**Task statement**:
Copy out all lines from the entries below in which "SeeksOnSegments" occurs.

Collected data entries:
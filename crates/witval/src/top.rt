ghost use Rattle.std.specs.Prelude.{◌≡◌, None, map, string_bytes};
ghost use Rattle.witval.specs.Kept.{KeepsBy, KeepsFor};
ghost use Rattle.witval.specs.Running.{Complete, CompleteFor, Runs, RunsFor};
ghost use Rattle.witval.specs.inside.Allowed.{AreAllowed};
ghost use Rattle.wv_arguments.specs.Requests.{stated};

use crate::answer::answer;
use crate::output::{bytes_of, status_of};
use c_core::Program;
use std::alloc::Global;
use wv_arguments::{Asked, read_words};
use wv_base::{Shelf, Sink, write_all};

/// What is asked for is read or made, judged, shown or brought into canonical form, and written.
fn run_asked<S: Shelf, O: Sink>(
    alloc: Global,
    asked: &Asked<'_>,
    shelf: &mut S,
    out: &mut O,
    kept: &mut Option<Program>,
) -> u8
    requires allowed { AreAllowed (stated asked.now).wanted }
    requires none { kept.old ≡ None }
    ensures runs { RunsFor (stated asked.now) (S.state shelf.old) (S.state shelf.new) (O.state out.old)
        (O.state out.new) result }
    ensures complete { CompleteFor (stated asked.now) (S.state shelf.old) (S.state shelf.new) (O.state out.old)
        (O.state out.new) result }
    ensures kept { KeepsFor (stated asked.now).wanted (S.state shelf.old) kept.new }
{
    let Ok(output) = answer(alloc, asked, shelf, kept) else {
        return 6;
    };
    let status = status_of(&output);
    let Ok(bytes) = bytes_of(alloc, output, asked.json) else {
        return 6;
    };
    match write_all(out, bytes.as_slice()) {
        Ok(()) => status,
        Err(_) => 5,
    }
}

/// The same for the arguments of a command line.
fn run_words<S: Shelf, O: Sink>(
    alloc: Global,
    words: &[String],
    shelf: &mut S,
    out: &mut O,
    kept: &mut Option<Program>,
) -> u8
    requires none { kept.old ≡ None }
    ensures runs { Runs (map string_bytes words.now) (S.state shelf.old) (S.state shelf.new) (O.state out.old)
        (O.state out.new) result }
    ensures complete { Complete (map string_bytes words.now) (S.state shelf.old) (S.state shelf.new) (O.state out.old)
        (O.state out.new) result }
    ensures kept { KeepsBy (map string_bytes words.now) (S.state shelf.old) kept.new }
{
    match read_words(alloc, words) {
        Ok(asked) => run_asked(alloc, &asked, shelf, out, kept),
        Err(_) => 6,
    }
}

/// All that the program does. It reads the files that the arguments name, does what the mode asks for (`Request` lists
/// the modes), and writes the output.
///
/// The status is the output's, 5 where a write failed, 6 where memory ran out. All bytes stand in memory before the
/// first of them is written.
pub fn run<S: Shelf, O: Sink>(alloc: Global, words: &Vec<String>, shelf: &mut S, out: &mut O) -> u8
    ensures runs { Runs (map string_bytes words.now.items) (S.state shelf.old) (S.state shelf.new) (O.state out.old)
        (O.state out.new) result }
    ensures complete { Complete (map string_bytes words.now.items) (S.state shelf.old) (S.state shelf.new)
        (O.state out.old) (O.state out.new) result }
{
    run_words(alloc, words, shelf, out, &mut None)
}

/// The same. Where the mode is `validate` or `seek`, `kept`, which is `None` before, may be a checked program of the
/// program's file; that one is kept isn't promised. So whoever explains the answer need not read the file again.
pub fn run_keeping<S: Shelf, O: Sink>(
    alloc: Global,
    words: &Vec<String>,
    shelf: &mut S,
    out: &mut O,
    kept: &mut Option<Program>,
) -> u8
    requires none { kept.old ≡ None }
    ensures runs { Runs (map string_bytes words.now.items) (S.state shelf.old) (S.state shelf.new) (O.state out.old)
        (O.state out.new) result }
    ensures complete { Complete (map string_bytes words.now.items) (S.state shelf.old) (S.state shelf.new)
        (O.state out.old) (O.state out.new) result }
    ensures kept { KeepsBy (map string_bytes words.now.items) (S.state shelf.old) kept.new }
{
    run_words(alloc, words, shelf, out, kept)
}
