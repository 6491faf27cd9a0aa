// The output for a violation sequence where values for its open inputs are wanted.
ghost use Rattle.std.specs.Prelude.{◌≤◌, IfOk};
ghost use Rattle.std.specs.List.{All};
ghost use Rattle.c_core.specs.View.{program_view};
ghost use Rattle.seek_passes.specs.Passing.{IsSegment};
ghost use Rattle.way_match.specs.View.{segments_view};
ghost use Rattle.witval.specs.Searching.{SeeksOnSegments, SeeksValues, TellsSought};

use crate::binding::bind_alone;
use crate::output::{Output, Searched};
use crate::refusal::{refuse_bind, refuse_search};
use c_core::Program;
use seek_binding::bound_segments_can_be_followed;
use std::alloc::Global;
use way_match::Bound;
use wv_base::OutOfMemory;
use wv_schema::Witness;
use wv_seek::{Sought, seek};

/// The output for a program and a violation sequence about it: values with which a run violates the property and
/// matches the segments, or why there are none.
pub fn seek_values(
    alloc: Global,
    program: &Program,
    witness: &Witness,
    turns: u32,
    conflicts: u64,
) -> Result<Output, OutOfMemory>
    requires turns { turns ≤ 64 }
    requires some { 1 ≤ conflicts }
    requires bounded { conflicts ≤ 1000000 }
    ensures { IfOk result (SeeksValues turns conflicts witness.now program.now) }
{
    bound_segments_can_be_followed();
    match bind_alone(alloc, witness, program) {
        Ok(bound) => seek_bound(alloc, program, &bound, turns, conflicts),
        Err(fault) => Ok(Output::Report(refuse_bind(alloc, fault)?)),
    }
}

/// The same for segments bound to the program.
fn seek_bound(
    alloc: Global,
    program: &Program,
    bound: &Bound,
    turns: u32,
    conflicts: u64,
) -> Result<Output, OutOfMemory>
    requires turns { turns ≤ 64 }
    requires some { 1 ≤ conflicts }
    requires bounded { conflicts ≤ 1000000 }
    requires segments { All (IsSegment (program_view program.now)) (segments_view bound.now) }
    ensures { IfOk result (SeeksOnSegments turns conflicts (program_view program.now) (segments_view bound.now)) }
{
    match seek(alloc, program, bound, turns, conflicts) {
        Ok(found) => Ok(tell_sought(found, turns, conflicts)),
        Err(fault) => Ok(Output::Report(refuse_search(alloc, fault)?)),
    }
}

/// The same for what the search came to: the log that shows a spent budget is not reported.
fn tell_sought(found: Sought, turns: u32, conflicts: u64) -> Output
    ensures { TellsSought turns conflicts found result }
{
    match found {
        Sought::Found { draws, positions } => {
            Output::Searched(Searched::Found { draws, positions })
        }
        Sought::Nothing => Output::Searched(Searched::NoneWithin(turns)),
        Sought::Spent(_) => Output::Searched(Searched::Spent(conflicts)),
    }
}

**Written answer**:
ghost use Rattle.witval.specs.Searching.{SeeksOnSegments, SeeksValues, TellsSought};
    ensures { IfOk result (SeeksOnSegments turns conflicts (program_view program.now) (segments_view bound.now)) }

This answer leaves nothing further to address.